● LISTED ENTRIES
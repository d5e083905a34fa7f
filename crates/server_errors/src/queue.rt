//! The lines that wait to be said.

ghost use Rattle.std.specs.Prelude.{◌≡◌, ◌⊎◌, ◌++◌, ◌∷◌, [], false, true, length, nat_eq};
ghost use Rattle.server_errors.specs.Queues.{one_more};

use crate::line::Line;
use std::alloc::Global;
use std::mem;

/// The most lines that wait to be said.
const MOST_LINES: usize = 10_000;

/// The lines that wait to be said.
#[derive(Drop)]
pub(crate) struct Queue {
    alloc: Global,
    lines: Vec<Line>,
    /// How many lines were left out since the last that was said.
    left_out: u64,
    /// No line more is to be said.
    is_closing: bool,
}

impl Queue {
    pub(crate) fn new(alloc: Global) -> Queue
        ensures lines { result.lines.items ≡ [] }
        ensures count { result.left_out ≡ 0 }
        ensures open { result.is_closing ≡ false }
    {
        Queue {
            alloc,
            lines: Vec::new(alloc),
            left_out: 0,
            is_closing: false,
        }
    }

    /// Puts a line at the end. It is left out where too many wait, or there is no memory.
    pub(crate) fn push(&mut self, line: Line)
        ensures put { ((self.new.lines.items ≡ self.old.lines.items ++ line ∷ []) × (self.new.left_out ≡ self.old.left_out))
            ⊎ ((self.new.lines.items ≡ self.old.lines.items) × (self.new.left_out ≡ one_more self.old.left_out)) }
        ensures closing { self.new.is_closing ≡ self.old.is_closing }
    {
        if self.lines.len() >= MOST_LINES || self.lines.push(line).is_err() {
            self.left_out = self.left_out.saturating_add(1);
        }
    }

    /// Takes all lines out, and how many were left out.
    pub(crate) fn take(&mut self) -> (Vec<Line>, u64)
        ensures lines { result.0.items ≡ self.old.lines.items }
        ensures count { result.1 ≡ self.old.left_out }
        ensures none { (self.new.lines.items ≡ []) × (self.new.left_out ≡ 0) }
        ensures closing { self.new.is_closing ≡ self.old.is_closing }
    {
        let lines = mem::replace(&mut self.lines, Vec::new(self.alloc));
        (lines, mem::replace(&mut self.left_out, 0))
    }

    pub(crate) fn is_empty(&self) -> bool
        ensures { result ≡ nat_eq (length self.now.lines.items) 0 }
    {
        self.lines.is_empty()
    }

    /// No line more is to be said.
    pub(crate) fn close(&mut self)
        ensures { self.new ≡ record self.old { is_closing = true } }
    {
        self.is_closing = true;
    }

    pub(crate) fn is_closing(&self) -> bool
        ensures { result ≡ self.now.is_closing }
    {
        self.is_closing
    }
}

* * *

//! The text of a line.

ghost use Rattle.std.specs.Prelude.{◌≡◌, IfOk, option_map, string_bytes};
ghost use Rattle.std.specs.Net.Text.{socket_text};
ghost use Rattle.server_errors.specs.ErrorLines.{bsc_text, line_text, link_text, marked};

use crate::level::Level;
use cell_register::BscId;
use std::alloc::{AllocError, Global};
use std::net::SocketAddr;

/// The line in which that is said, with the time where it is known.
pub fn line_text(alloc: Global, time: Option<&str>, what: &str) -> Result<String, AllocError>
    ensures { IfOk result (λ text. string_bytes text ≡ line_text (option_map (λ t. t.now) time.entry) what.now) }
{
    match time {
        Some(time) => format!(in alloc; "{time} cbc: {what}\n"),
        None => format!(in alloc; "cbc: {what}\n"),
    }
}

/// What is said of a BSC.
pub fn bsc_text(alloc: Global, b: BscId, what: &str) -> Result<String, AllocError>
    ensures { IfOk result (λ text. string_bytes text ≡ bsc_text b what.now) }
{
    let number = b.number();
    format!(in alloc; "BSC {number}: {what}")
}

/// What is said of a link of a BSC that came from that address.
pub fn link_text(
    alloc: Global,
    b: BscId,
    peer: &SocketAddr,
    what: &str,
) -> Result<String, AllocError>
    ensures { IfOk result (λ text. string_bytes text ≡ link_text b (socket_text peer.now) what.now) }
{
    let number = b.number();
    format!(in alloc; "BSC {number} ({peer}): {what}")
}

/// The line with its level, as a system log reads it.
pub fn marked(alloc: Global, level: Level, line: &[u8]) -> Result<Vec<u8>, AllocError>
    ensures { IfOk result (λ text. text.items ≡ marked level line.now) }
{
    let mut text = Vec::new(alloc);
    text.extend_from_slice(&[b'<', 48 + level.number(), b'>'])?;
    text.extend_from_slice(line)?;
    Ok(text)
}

● YOUR INSTRUCTIONS
Your answer must consist solely of the lines above between the line holding "repository d5e083905a34fa7f" and the line holding "use crate::line::Line;", inclusive, copied exactly.

● TASK RESPONSE
repository d5e083905a34fa7f
filename crates/server_errors/src/queue.rt
//! The lines that wait to be said.

ghost use Rattle.std.specs.Prelude.{◌≡◌, ◌⊎◌, ◌++◌, ◌∷◌, [], false, true, length, nat_eq};
ghost use Rattle.server_errors.specs.Queues.{one_more};

use crate::line::Line;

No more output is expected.